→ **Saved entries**
▼▼▼
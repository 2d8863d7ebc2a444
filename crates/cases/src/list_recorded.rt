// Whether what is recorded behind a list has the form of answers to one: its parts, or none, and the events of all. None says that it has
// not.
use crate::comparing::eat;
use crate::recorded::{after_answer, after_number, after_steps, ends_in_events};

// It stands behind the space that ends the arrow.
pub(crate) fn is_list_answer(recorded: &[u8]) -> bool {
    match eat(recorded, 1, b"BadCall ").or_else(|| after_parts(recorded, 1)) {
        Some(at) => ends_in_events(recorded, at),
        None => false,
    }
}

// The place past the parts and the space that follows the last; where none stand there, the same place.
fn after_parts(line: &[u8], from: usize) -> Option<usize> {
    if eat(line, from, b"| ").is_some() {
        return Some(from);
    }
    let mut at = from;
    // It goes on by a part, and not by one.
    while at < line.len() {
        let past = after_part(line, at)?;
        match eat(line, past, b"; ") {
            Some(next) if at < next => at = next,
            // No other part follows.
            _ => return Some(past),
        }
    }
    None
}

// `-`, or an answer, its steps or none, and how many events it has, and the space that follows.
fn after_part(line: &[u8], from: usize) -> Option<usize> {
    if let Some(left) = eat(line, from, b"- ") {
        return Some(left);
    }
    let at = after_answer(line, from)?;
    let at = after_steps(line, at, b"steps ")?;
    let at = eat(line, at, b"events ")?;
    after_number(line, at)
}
▲▲▲
→ **Exercise objective**
Output exactly the lines of the records from the first through the one bearing "let at = after_answer(line, from)?;", both ends included.

→ **Solution to this problem**
repository 2d8863d7ebc2a444
filename crates/cases/src/list_recorded.rt
// Whether what is recorded behind a list has the form of answers to one: its parts, or none, and the events of all. None says that it has
// not.
use crate::comparing::eat;
use crate::recorded::{after_answer, after_number, after_steps, ends_in_events};

// It stands behind the space that ends the arrow.
pub(crate) fn is_list_answer(recorded: &[u8]) -> bool {
    match eat(recorded, 1, b"BadCall ").or_else(|| after_parts(recorded, 1)) {
        Some(at) => ends_in_events(recorded, at),
        None => false,
    }
}

// The place past the parts and the space that follows the last; where none stand there, the same place.
fn after_parts(line: &[u8], from: usize) -> Option<usize> {
    if eat(line, from, b"| ").is_some() {
        return Some(from);
    }
    let mut at = from;
    // It goes on by a part, and not by one.
    while at < line.len() {
        let past = after_part(line, at)?;
        match eat(line, past, b"; ") {
            Some(next) if at < next => at = next,
            // No other part follows.
            _ => return Some(past),
        }
    }
    None
}

// `-`, or an answer, its steps or none, and how many events it has, and the space that follows.
fn after_part(line: &[u8], from: usize) -> Option<usize> {
    if let Some(left) = eat(line, from, b"- ") {
        return Some(left);
    }
    let at = after_answer(line, from)?;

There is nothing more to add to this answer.